Heavy oil refers to oils having an API gravity lower than 20° and viscosity at formation conditions above 100 centipoise (cp). These hydrocarbons generally pose challenging production problems and are marketed at a discounted price. However, the combination of improved technology and higher oil prices make the exploitation of heavy-oil deposits more economically feasible. Besides the quantity of production and processing problems associated with heavy oils, evaluating petrophysical properties from nuclear magnetic resonance (NMR) logging measurements can be problematic because of a number of issues, such as heavy oil NMR responses are similar to signals from capillary-bound water.

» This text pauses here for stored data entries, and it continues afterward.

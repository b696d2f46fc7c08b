//! Reading a trace.
ghost use Rattle.std.specs.Prelude.{false, ◌≡◌, ◌≢◌, ◌↔◌, ℕ, ◌+◌, ◌^◌, ◌<◌, ◌≤◌, List, [], ◌++◌, Err, length, take, Some, IfSome, IfNone, IfOk, IfErr, IsTrue};
ghost use Rattle.std.specs.Option.{option_map};
ghost use Rattle.std.specs.Io.KnownBytes.{Consumes};
ghost use Rattle.shen_base.specs.Count.{Rose};
ghost use Rattle.heap_words.specs.Narrow.{IsNarrow};
ghost use Rattle.trace_reading.specs.Spelling.{TraceLine, IsVersion, IsLine, line, header};
ghost use Rattle.trace_reading.specs.Scanning.{sizes_at};
ghost use Rattle.trace_reading.specs.Front.{IsBehindCommands};
ghost use Rattle.trace_reading.specs.Grammar.{most_bytes, with_line, scripts_of, HasReadLines, Reads, HasNoHead, Came};
ghost use Rattle.trace_reading.specs.declared.why.Why.{Why as Cause};
ghost use Rattle.trace_reading.specs.Causes.{parts};
ghost use Rattle.trace_reading.specs.Refused.{body_stage, cause_of, StopsAt, Refused};
ghost use Rattle.trace_reading.specs.Calls.{HasFewCalls};
ghost use Rattle.trace_reading.specs.Stops.{HasReadBody, StopsBody, StopsCommands};
ghost use Rattle.trace_reading.specs.Faults.{IsTextFault};

use crate::fault::{NotTaken, TraceFault};
use crate::line::line_at;
use crate::schedule_lines::take_schedule;
use crate::source_bytes::all_bytes;
use crate::{Scripts, Trace, body_refusal, head_refusal, numbers_at, positive_at, text_at};
use heap_words::{Config, Schedule};
use shen_base::Source;
use shen_graph::Script;
use std::alloc::Global;

/// The numbers at the head of a trace: its version, those of its heap, and those of its threads.
#[derive(Clone, Copy)]
struct HeadNumbers {
    version: u64,
    heap: [u64; 4],
    threads: [u64; 4],
}

/// The numbers at the head of a trace, and the bytes behind its three lines.
#[tactic(auto, unfolding(crate::specs::Scanning::sizes_at))]
fn sizes_at(bytes: &[u8]) -> Option<(HeadNumbers, &[u8])>
    ensures { option_map (λ x. (record { version = x.0.version; heap = take 3 x.0.heap; threads = take 2 x.0.threads }, x.1.now)) result ≡ sizes_at bytes.now }
{
    let rest = text_at(b"shen ", bytes)?;
    let (version, rest) = positive_at(2, rest)?;
    let rest = text_at(b"\nheap", rest)?;
    let (heap, rest) = numbers_at(&[64, 1024, 63], rest)?;
    let rest = text_at(b"\nthreads", rest)?;
    let (threads, rest) = numbers_at(&[8, 3], rest)?;
    let rest = text_at(b"\n", rest)?;
    let numbers = HeadNumbers {
        version,
        heap,
        threads,
    };
    Some((numbers, rest))
}

/// The version and the configuration at the head of a trace, and the bytes behind its three lines.
pub fn head_at(bytes: &[u8]) -> Option<(u32, Config, &[u8])>
    ensures found { IfSome result (λ head. bytes.now ≡ header head.0 head.1 ++ head.2.now) }
    ensures known { IfSome result (λ head. IsVersion head.0) }
    ensures narrow { IfSome result (λ head. IsNarrow head.1) }
    ensures none { IfNone result (HasNoHead bytes.now) }
{
    let (numbers, rest) = sizes_at(bytes)?;
    let [regions, region_words, reserve, _] = numbers.heap;
    let [mutators, helpers, _, _] = numbers.threads;
    match Config::new(
        regions as usize,
        region_words as usize,
        mutators as usize,
        helpers as usize,
        reserve as usize,
    ) {
        Ok(config) => Some((numbers.version as u32, config, rest)),
        Err(_) => None,
    }
}

/// Takes one line, and adds its command to the script of its thread.
fn take_line<'a>(
    alloc: Global,
    version: u32,
    threads: u32,
    bytes: &'a [u8],
    scripts: &mut Vec<Script>,
) -> Result<&'a [u8], NotTaken>
    requires { length scripts.old.items ≡ threads }
    ensures ok { IfOk result (λ rest. (trace_line : TraceLine) × IsLine version threads trace_line × (bytes.now ≡ line trace_line ++ rest.now) × (scripts.new.items ≡ with_line scripts.old.items trace_line)) }
    ensures refused { result ≡ Err NotTaken.Refused → (trace_line : TraceLine) (rest : List ℕ) → IsLine version threads trace_line → bytes.now ≢ line trace_line ++ rest }
{
    let Some((thread, command, rest)) = line_at(version, threads, bytes) else {
        return Err(NotTaken::Refused);
    };
    match scripts[thread as usize - 1].push(alloc, command) {
        Ok(()) => Ok(rest),
        Err(_) => Err(NotTaken::NoMemory),
    }
}

/// Whether no line of a command begins here: the bytes end, or a line of the schedule follows.
fn is_behind_commands(bytes: &[u8]) -> bool
    ensures { IsTrue result ↔ IsBehindCommands bytes.now }
{
    match bytes {
        [first, ..] => *first == b'!',
        [] => true,
    }
}

/// Takes all lines of commands, the first of which has this number, and returns the number of the line behind them and the
/// bytes from it on.
fn take_lines<'a>(
    alloc: Global,
    version: u32,
    config: &Config,
    first: u64,
    bytes: &'a [u8],
    scripts: &mut Vec<Script>,
) -> Result<(u64, &'a [u8]), TraceFault>
    requires scripts { scripts.old.items ≡ scripts_of config.now.mutators [] }
    requires few { first + length bytes.now < 2 ^ 64 }
    ensures ok { IfOk result (λ reached. (taken : HasReadLines version config.now.mutators bytes.now reached.1.now scripts.new.items) × (reached.0 ≡ first + length taken.lines)) }
    ensures behind { IfOk result (λ reached. IsBehindCommands reached.1.now) }
    ensures fault { IfErr result IsTextFault }
    ensures bad_line { (line_number : ℕ) (why : Cause) → result ≡ Err (TraceFault.BadLine line_number why) → StopsCommands version config.now first bytes.now line_number why }
{
    let threads = config.mutators() as u32;
    let mut rest = bytes;
    let mut line = first;
    'lines: while !is_behind_commands(rest) {
        rest = match take_line(alloc, version, threads, rest, scripts) {
            Ok(behind) => behind,
            Err(NotTaken::NoMemory) => return Err(TraceFault::NoMemory),
            Err(NotTaken::Refused) => return Err(bad_command(version, config, line, rest)),
        };
        line += 1;
    }
    Ok((line, rest))
}

/// The fault of bytes that do not begin with a line of a command of the version, where this is line `number`.
fn bad_command(version: u32, config: &Config, number: u64, bytes: &[u8]) -> TraceFault
    requires some { IsBehindCommands bytes.now → ⊥ }
    requires refused { (trace_line : TraceLine) (rest : List ℕ) → IsLine version config.now.mutators trace_line → bytes.now ≢ line trace_line ++ rest }
    ensures { (why : Cause) × (result ≡ TraceFault.BadLine number why) × (cause_of (body_stage version config.now false) (parts 10 bytes.now) ≡ Some why) }
{
    let why = body_refusal(version, config, false, bytes).unwrap();
    TraceFault::BadLine { line: number, why }
}

/// The fault of bytes that do not begin with the head of a trace.
fn bad_head(bytes: &[u8]) -> TraceFault
    requires { HasNoHead bytes.now }
    ensures { (line_number : ℕ) × (why : Cause) × (result ≡ TraceFault.BadLine line_number why) × StopsAt bytes.now line_number why }
{
    let refusal = head_refusal(bytes).unwrap();
    TraceFault::BadLine {
        line: refusal.line,
        why: refusal.why,
    }
}

/// A script without a command for each of so many threads.
fn empty_scripts(alloc: Global, threads: u32) -> Result<Vec<Script>, TraceFault>
    ensures ok { IfOk result (λ scripts. scripts.items ≡ scripts_of threads []) }
    ensures fault { IfErr result (λ fault. fault ≡ TraceFault.NoMemory) }
{
    let mut scripts = Vec::new(alloc);
    for _ in 0..threads {
        let Ok(script) = Script::open(alloc) else {
            return Err(TraceFault::NoMemory);
        };
        if scripts.push(script).is_err() {
            return Err(TraceFault::NoMemory);
        }
    }
    Ok(scripts)
}

/// The trace that these bytes spell; or the first line that is refused, or `NoMemory`.
pub fn trace_of(alloc: Global, bytes: &[u8]) -> Result<Trace, TraceFault>
    requires { length bytes.now ≤ most_bytes }
    ensures ok { IfOk result (λ trace. Reads bytes.now trace.version trace.config trace.scripts trace.schedule) }
    ensures fault { IfErr result IsTextFault }
    ensures bad_line { (line_number : ℕ) (why : Cause) → result ≡ Err (TraceFault.BadLine line_number why) → Refused bytes.now line_number why }
{
    let Some((version, config, rest)) = head_at(bytes) else {
        return Err(bad_head(bytes));
    };
    trace_behind(alloc, version, config, 4, rest)
}

/// The trace of this version and configuration whose lines of commands and of a schedule these bytes are. The first of the lines
/// has this number.
pub fn trace_behind(
    alloc: Global,
    version: u32,
    config: Config,
    first: u64,
    bytes: &[u8],
) -> Result<Trace, TraceFault>
    requires { first + length bytes.now < 2 ^ 64 }
    ensures version { IfOk result (λ trace. trace.version ≡ version) }
    ensures config { IfOk result (λ trace. trace.config ≡ config) }
    ensures ok { IfOk result (λ trace. HasReadBody version config bytes.now trace.scripts trace.schedule) }
    ensures fault { IfErr result IsTextFault }
    ensures bad_line { (line_number : ℕ) (why : Cause) → result ≡ Err (TraceFault.BadLine line_number why) → StopsBody version config first bytes.now line_number why }
{
    let mut scripts = empty_scripts(alloc, config.mutators() as u32)?;
    let Ok(mut schedule) = Schedule::open(alloc) else {
        return Err(TraceFault::NoMemory);
    };
    let (line, turns) = take_lines(alloc, version, &config, first, bytes, &mut scripts)?;
    take_schedule(alloc, version, &config, line, turns, &mut schedule)?;
    Ok(Trace {
        version,
        config,
        scripts: Scripts::from_vec(scripts),
        schedule,
    })
}

/// Reads a trace. It reads to the end of the source, or until one byte more came than a trace may have, and then looks at
/// the lines.
pub fn read_trace<S: Source>(alloc: Global, source: &mut S) -> Result<Trace, TraceFault>
    ensures ok { IfOk result (λ trace. (bytes : List ℕ) × Came (S.left source.old) (S.left source.new) bytes × Reads bytes trace.version trace.config trace.scripts trace.schedule) }

    // The bytes came whole, and are refused at that line and for that cause.
    ensures bad_line { (line_number : ℕ) (why : Cause) → result ≡ Err (TraceFault.BadLine line_number why) → (bytes : List ℕ) × Came (S.left source.old) (S.left source.new) bytes × Refused bytes line_number why }

    ensures too_long { (byte_count : ℕ) → result ≡ Err (TraceFault.TooLong byte_count) → (byte_count ≡ most_bytes + 1)
        × ((bytes : List ℕ) × Consumes (S.left source.old) (S.left source.new) bytes × (length bytes ≡ most_bytes + 1)) }
    ensures read_fault { result ≡ Err TraceFault.ReadFault → Rose (S.faults source.old) (S.faults source.new) }
    ensures faults_never_fall { S.faults source.old ≤ S.faults source.new }

    // In every outcome the source is called at most once for each byte that it gives, and once for the end or the fault.
    ensures few_calls { HasFewCalls (S.left source.old) (S.left source.new) (S.calls source.old) (S.calls source.new) }
{
    let bytes = all_bytes(alloc, source)?;
    trace_of(alloc, &bytes)
}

Additionally, heavy-oil chemistry can be conducive to a wettability alteration that can lead to a misinterpretation of water content from conventional and NMR logs. These phenomena make it difficult to quantify and type fluid volumes in heavy-oil reservoirs from NMR measurements alone.

NMR logging instruments sometimes do not fully capture heavy-oil signals because they operate at inter-echo spacings that make them unable to adequately sample important rapid decay components when viscosity exceeds ~1000 cp. This situation causes the indicated NMR porosity to be somewhat small, as though the reservoir fluid had a hydrogen index (HI) smaller than one, as occurs in gas reservoirs.

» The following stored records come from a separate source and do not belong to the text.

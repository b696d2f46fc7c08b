//! The heap as an object of JSON.

use crate::heap::{SLOTS, has_pins, is_black, is_grey, live_and_garbage, phase, pin_word};
use heap_words::phase::EVACUATION;
use heap_words::{forwarded, forwardee};
use listing::{
    Kind, Piece, Reading, Row, Table, base, heap_word, json_field_lists, json_flag, json_key,
    json_number, json_object_at, json_place_of, json_reference, json_regions, json_text,
    json_value, piece_at, region_of_buffer, shared_region, top, used,
};
use regions::is_in;
use shen_base::{Block, Sink};

// Puts members for the object from one address to another.
fn json_object(row: &mut Row, table: &Table, at: u64, next: u64) {
    json_object_at(row, table, at);
    json_number(row, b"words", next.saturating_sub(at));
    json_flag(row, b"black", is_black(table, at));
    json_flag(row, b"grey", is_grey(table, at));
    let header = heap_word(table, at);
    if forwarded(header) {
        json_key(row, b"copy");
        row.put(b"{");
        json_place_of(row, table, forwardee(header));
        row.put(b"}");
    }
}

// Writes the elements for the objects of a region.
fn json_objects<K: Sink>(
    row: &mut Row,
    block: &mut Block,
    sink: &mut K,
    table: &Table,
    region: usize,
) {
    let (mut at, end) = used(table, region);
    for _ in 0..1024 {
        let Some(piece) = piece_at(table, at, end) else {
            return;
        };
        if piece.is_object() {
            json_key_of_element(row);
            row.put(b"{");
            json_object(row, table, at, piece.next);
            row.pass(block, sink);
            json_field_lists(row, table, at);
            row.put(b"}");
            row.pass(block, sink);
        }
        at = piece.next;
    }
}

// The name of a kind of piece that is no object, and the machine whose it is, if it is one's.
fn kind_of(kind: Kind) -> (&'static [u8], Option<usize>) {
    match kind {
        Kind::Object => (b"object", None),
        Kind::Filler => (b"filler", None),
        Kind::Free(seat) => (b"free", Some(seat)),
        Kind::Carved(seat) => (b"carved", Some(seat)),
        Kind::Hand(seat) => (b"in hand", Some(seat)),
    }
}

// Puts a piece that is no object as an element.
fn json_piece(row: &mut Row, table: &Table, piece: Piece) {
    let (kind, seat) = kind_of(piece.kind);
    json_key_of_element(row);
    row.put(b"{");
    json_text(row, b"kind", kind);
    if let Some(seat) = seat {
        json_number(row, b"machine", (seat as u64).saturating_add(1));
    }
    json_place_of(row, table, piece.at);
    json_number(row, b"words", piece.words());
    row.put(b"}");
}

// Writes the elements for what is no object in a region.
fn json_pieces<K: Sink>(
    row: &mut Row,
    block: &mut Block,
    sink: &mut K,
    table: &Table,
    region: usize,
) {
    let (mut at, end) = used(table, region);
    for _ in 0..1024 {
        let Some(piece) = piece_at(table, at, end) else {
            return;
        };
        if !piece.is_object() {
            json_piece(row, table, piece);
            row.pass(block, sink);
        }
        at = piece.next;
    }
}

// Puts the comma before an element of a list but the first.
fn json_key_of_element(row: &mut Row) {
    if row.last() != b'[' {
        row.put(b",");
    }
}

// Puts the members that say whether a region is the shared one, and which machines have their buffers in it.
fn json_owners(row: &mut Row, table: &Table, region: usize) {
    json_flag(row, b"shared", shared_region(table) == Some(region));
    json_key(row, b"machines");
    row.put(b"[");
    for seat in 0..table.config().seats() {
        if region_of_buffer(table, seat) == Some(region) {
            json_key_of_element(row);
            row.put_number((seat as u64).saturating_add(1));
        }
    }
    row.put(b"]");
}

// Writes a region as an object.
fn json_region<K: Sink>(
    row: &mut Row,
    block: &mut Block,
    sink: &mut K,
    table: &Table,
    region: usize,
) {
    let config = table.config();
    json_key_of_element(row);
    row.put(b"{");
    json_number(row, b"region", region as u64);
    json_flag(
        row,
        b"free",
        region < 64 && is_in(table.word(config.free_at()), region),
    );
    json_number(row, b"top", top(table, region));
    if region < config.regions() {
        let start = table.word(config.tams_at(region));
        json_number(row, b"mark_start", start);
        json_number(row, b"limit", table.word(config.limit_at(region)));
        if phase(table) >= EVACUATION {
            let (live, garbage) = live_and_garbage(table, region, start);
            json_number(row, b"live", live);
            json_number(row, b"garbage", garbage);
        }
    }
    json_owners(row, table, region);
    json_key(row, b"objects");
    row.put(b"[");
    json_objects(row, block, sink, table, region);
    row.put(b"]");
    json_key(row, b"others");
    row.put(b"[");
    json_pieces(row, block, sink, table, region);
    row.put(b"]}");
}

// Writes the roots of a thread, counted from 0, as a list.
fn json_roots(row: &mut Row, table: &Table, mutator: usize) {
    let config = table.config();
    json_key_of_element(row);
    row.put(b"[");
    for index in 0..16 {
        json_key_of_element(row);
        if mutator < config.mutators() {
            json_reference(row, table, table.word(config.root_at(mutator, index)));
        }
    }
    row.put(b"]");
}

// Writes the pin slots of a thread, counted from 0, as a list.
fn json_pins(row: &mut Row, table: &Table, mutator: usize) {
    json_key_of_element(row);
    row.put(b"[");
    for slot in 0..SLOTS {
        json_key_of_element(row);
        json_reference(row, table, pin_word(table, mutator, slot));
    }
    row.put(b"]");
}

// Writes the member that is the list of all threads' pin slots, where one of them holds an object.
fn json_all_pins<K: Sink>(row: &mut Row, block: &mut Block, sink: &mut K, table: &Table) {
    let config = table.config();
    if !has_pins(table) {
        return;
    }
    json_key(row, b"pins");
    row.put(b"[");
    for mutator in 0..config.mutators() {
        json_pins(row, table, mutator);
        row.pass(block, sink);
    }
    row.put(b"]");
}

/// Writes the heap after so many events as an object.
pub fn json_heap<K: Sink>(
    row: &mut Row,
    block: &mut Block,
    sink: &mut K,
    table: &Table,
    events: u64,
) {
    let config = table.config();
    row.put(b"{");
    json_text(row, b"kind", b"heap");
    json_number(row, b"event", events);
    json_number(row, b"phase", phase(table));
    json_regions(row, config, b"set", table.word(config.cset_at()));
    json_number(row, b"claimed", table.word(config.claim_at()));
    json_value(
        row,
        table,
        b"copiers",
        Reading::Copiers,
        table.word(config.evac_at()),
    );
    json_value(
        row,
        table,
        b"asked",
        Reading::Ask,
        table.word(config.ask_at()),
    );
    json_key(row, b"regions");
    row.put(b"[");
    for region in 0..config.regions() {
        json_region(row, block, sink, table, region);
    }
    row.put(b"]");
    json_key(row, b"roots");
    row.put(b"[");
    for mutator in 0..config.mutators() {
        json_roots(row, table, mutator);
        row.pass(block, sink);
    }
    row.put(b"]");
    json_all_pins(row, block, sink, table);
    row.put(b"}");
    row.send(block, sink);
}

These factors make it necessary to apply advanced interpretation methods to find indications of altered wettability and evaluate petrophysical quantities, such as fluid volumes, permeability, and apparent in-situ oil viscosity.

The method consists of combining NMR and conventional wireline logs to measure the signal loss and estimate the oil's viscosity where the in-situ viscosity is larger than a few hundred cp. Additional combinations with conventional logs can be formed with NMR diffusion measurements to infer movable and capillary-bound water volumes. These volumes can then be used to refine interpretations of resistivity logs, indicate altered wettability, and provide an improved estimate of permeability in heavy-oil reservoirs.

This paper shows the validation of this method implemented in over 20 wells in the Suriname-Guyana basin. The average well depth is approximately 1,000 ft, bottomhole temperature (BHT) is ~100°F, and gravity is in the range of 10 to 20 API. The results are validated with production data.